When Winston Churchill increased the number of Labour peers to support political positions in the House of Lords, Benn's older brother Michael, who was still serving in the RAF, wanted to enter the priesthood and had no objections to inheriting a peerage. Michael was later killed while on active service in the Second World War, and this left Benn as the heir-apparent to the peerage. Several unsuccessful attempts to renounce the succession were unsuccessful.
Lord Stansgate died in November 1960. Benn was accepted as a peer in the House of Commons but not allowed to vote. Sir Harry Hylton-Foster, the Speaker of the Commons, did not permit him to speak from the bar of the House of Commons in April 1961, just months after the by-election had been called. Benn, who was retaining his seat in a by-election triggered by his successor's resignation on May 4, 1961, tried to hold his position in a contest that had been ongoing to protect his peerage.
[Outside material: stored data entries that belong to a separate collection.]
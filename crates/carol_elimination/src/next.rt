ghost use Rattle.std.specs.Prelude.{◌≡◌, ◌<◌, [], ◌∷◌, length, map, IsTrue, List, ℕ, flat_map, IfOk, IfErr, OnOk};
ghost use Rattle.std.specs.List.{filter};
ghost use Rattle.carol_formula.specs.Linear.{Linear};
ghost use Rattle.carol_elimination.specs.Tightened.{tightened};
ghost use Rattle.carol_elimination.specs.Stage.{least, combinations, next};
ghost use Rattle.carol_elimination.specs.Derived.{IsPair};
ghost use Rattle.carol_elimination.specs.Free.{IsFree};
ghost use Rattle.carol_elimination.specs.Stands.{Stand};
ghost use Rattle.carol_elimination.specs.Entries.{row_in, rows_in, AreInside, Grow};
ghost use Rattle.carol_elimination.specs.Extends.{Extend};
ghost use Rattle.carol_elimination.specs.Sides.{is_of, ArePairs, AreAllPairs, KeepDerived, IsStop};

use crate::allowance::Allowance;
use crate::arena::Arena;
use crate::combination::combine;
use crate::stage::Stage;
use carol_cert::RowStep;
use carol_formula::{TermError, Variable};
use std::alloc::{AllocError, Global};

/// What a row says of a variable.
#[derive(Clone, Copy)]
pub enum Side {
    /// Nothing: it has no such variable.
    Free,
    /// It bounds it above.
    Upper,
    /// It bounds it below.
    Lower,
}

/// Why there is no next stage.
#[derive(Clone, Copy)]
pub enum Stop {
    /// The least combination of the two rows has a number that is not below 2^100 in absolute
    /// value.
    Wide { upper: u32, lower: u32 },
    /// Memory ran out.
    NoMemory,
}

impl From<AllocError> for Stop {
    ghost use Rattle.std.specs.Prelude.{◌≡◌};
    ghost use Rattle.carol_elimination.specs.declared.next.Stop.TheVariants.{NoMemory};

    ghost from_gives = { λ _ e. e ≡ NoMemory };

    fn from(_: AllocError) -> Stop {
        Stop::NoMemory
    }
}

// Whether the row says this of the variable.
fn is_of(side: Side, x: Variable, arena: &Arena, at: u32) -> bool
    requires { at < length arena.now }
    ensures { result ≡ is_of side x (row_in arena.now at) }
{
    let coefficient = arena.row(at).coefficient(x);
    match side {
        Side::Free => coefficient == 0,
        Side::Upper => coefficient > 0,
        Side::Lower => coefficient < 0,
    }
}

// The rows that say this of the variable.
fn select(
    alloc: Global,
    arena: &Arena,
    rows: &[u32],
    x: Variable,
    side: Side,
) -> Result<Vec<u32>, AllocError>
    requires { AreInside arena.now rows.now }
    ensures inside { IfOk result (λ v. AreInside arena.now v.items) }
    ensures filter { IfOk result (λ v. rows_in arena.now v.items
        ≡ filter (is_of side x) (rows_in arena.now rows.now)) }
{
    let mut selected = Vec::new(alloc);
    for at in rows {
        if is_of(side, x, arena, *at) {
            selected.push(*at)?;
        }
    }
    Ok(selected)
}

// Takes rows that were made before.
fn keep_all(stage: &mut Stage, arena: &Arena, rows: &[u32]) -> Result<(), AllocError>
    requires stage_inside { AreInside arena.now stage.old.rows.items }
    requires rows_inside { AreInside arena.now rows.now }
    ensures inside { OnOk result (AreInside arena.now stage.new.rows.items) }
    ensures extend { OnOk result (Extend (rows_in arena.now stage.old.rows.items)
        (rows_in arena.now stage.new.rows.items) (rows_in arena.now rows.now)) }
{
    for at in rows {
        stage.keep(arena, *at)?;
    }
    Ok(())
}

// Takes the least combination of two rows.
fn combine_two(
    stage: &mut Stage,
    arena: &mut Arena,
    x: Variable,
    upper: u32,
    lower: u32,
) -> Result<(), Stop>
    requires inside { AreInside arena.old stage.old.rows.items }
    requires upper { upper < length arena.old }
    requires lower { lower < length arena.old }
    requires pair { IsPair x (row_in arena.old upper) (row_in arena.old lower) }
    ensures inside { OnOk result (AreInside arena.new stage.new.rows.items) }
    ensures extend { OnOk result (Extend (rows_in arena.old stage.old.rows.items)
        (rows_in arena.new stage.new.rows.items)
        (tightened (least x (row_in arena.old upper) (row_in arena.old lower)) ∷ [])) }
    ensures grow { OnOk result (Grow arena.old arena.new) }
    ensures derived { OnOk result (KeepDerived arena.old arena.new) }
    ensures stop { IfErr result (IsStop x arena.old arena.new) }
{
    match combine(x, arena.row(upper), arena.row(lower)) {
        Ok(made) => {
            let step = RowStep::Combine {
                a: upper,
                m: made.m,
                b: lower,
                n: made.n,
            };
            stage.add(arena, step, made.row)?;
            Ok(())
        }
        Err(TermError::TooWide) => Err(Stop::Wide { upper, lower }),
        Err(TermError::NoMemory) => Err(Stop::NoMemory),
    }
}

// Takes the least combinations of a row that bounds the variable above with each one below.
fn combine_one(
    stage: &mut Stage,
    arena: &mut Arena,
    x: Variable,
    upper: u32,
    lowers: &[u32],
) -> Result<(), Stop>
    requires inside { AreInside arena.old stage.old.rows.items }
    requires upper { upper < length arena.old }
    requires lowers { AreInside arena.old lowers.now }
    requires pairs { ArePairs x (row_in arena.old upper) (rows_in arena.old lowers.now) }
    ensures inside { OnOk result (AreInside arena.new stage.new.rows.items) }
    ensures extend { OnOk result (Extend (rows_in arena.old stage.old.rows.items)
        (rows_in arena.new stage.new.rows.items)
        (combinations x (rows_in arena.old lowers.now) (row_in arena.old upper))) }
    ensures grow { OnOk result (Grow arena.old arena.new) }
    ensures derived { OnOk result (KeepDerived arena.old arena.new) }
    ensures stop { IfErr result (IsStop x arena.old arena.new) }
{
    for lower in lowers {
        combine_two(stage, arena, x, upper, *lower)?;
    }
    Ok(())
}

// Takes the least combinations of each row that bounds the variable above with each one below.
fn combine_all(
    stage: &mut Stage,
    arena: &mut Arena,
    x: Variable,
    uppers: &[u32],
    lowers: &[u32],
    allowance: &mut Allowance,
) -> Result<(), Stop>
    requires inside { AreInside arena.old stage.old.rows.items }
    requires uppers { AreInside arena.old uppers.now }
    requires lowers { AreInside arena.old lowers.now }
    requires pairs { AreAllPairs x (rows_in arena.old uppers.now) (rows_in arena.old lowers.now) }
    ensures inside { OnOk result (AreInside arena.new stage.new.rows.items) }
    ensures extend { OnOk result (Extend (rows_in arena.old stage.old.rows.items)
        (rows_in arena.new stage.new.rows.items)
        (flat_map (combinations x (rows_in arena.old lowers.now)) (rows_in arena.old uppers.now))) }
    ensures grow { OnOk result (Grow arena.old arena.new) }
    ensures derived { OnOk result (KeepDerived arena.old arena.new) }
    ensures stop { IfErr result (IsStop x arena.old arena.new) }
{
    for upper in uppers {
        allowance.take(lowers.len())?;
        combine_one(stage, arena, x, *upper, lowers)?;
    }
    Ok(())
}

/// The stage after the variable is eliminated. No row of the stage before has a variable below it.
/// Beyond what is allowed there is no room for more rows.
pub fn next(
    alloc: Global,
    arena: &mut Arena,
    rows: &[u32],
    x: Variable,
    allowance: &mut Allowance,
) -> Result<Vec<u32>, Stop>
    requires inside { AreInside arena.old rows.now }
    requires lowest { (v : ℕ) → v < x → IsFree v (rows_in arena.old rows.now) }
    ensures inside { IfOk result (λ v. AreInside arena.new v.items) }
    ensures stand { IfOk result (λ v.
        Stand (rows_in arena.new v.items) (next x (rows_in arena.old rows.now))) }
    ensures grow { OnOk result (Grow arena.old arena.new) }
    ensures derived { OnOk result (KeepDerived arena.old arena.new) }
    ensures stop { IfErr result (IsStop x arena.old arena.new) }
{
    allowance.take(rows.len())?;
    let free = select(alloc, arena, rows, x, Side::Free)?;
    let uppers = select(alloc, arena, rows, x, Side::Upper)?;
    let lowers = select(alloc, arena, rows, x, Side::Lower)?;
    let mut stage = Stage::new(alloc);
    keep_all(&mut stage, arena, &free)?;
    combine_all(&mut stage, arena, x, &uppers, &lowers, allowance)?;
    Ok(stage.into_rows())
}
Despite being disqualified from serving his term, he was re-elected. An election jury found that the voters were fully aware that Benn had been disqualified and had announced the appointment was won by the Conservative runner-up, Malcolm St Clair, who was at the time also the heir presumptive to a peerage.
Benn's campaign lasted outside Parliament. The Conservative Government of the time, which was in a similar or similar situation to Benn's (i.e., those who were likely to be eligible or had already applied for writs of summons), amended the rule within two years. The Peerage Act 1963, which allowed lifetime disclaimers of peerages, became statute shortly after 6 p.m. on July 31, 1963. Benn was the first peer to renounce his name, doing so at 6.22 p.m. on the day. St Clair kept a vow he made at the time of his election before he accepted the Manor of Northstead's Stewardship, effectively ending his service from the House of Commons (outright resignation is not possible). After winning a by-election on August 20, 1963, Benn returned to the Commons.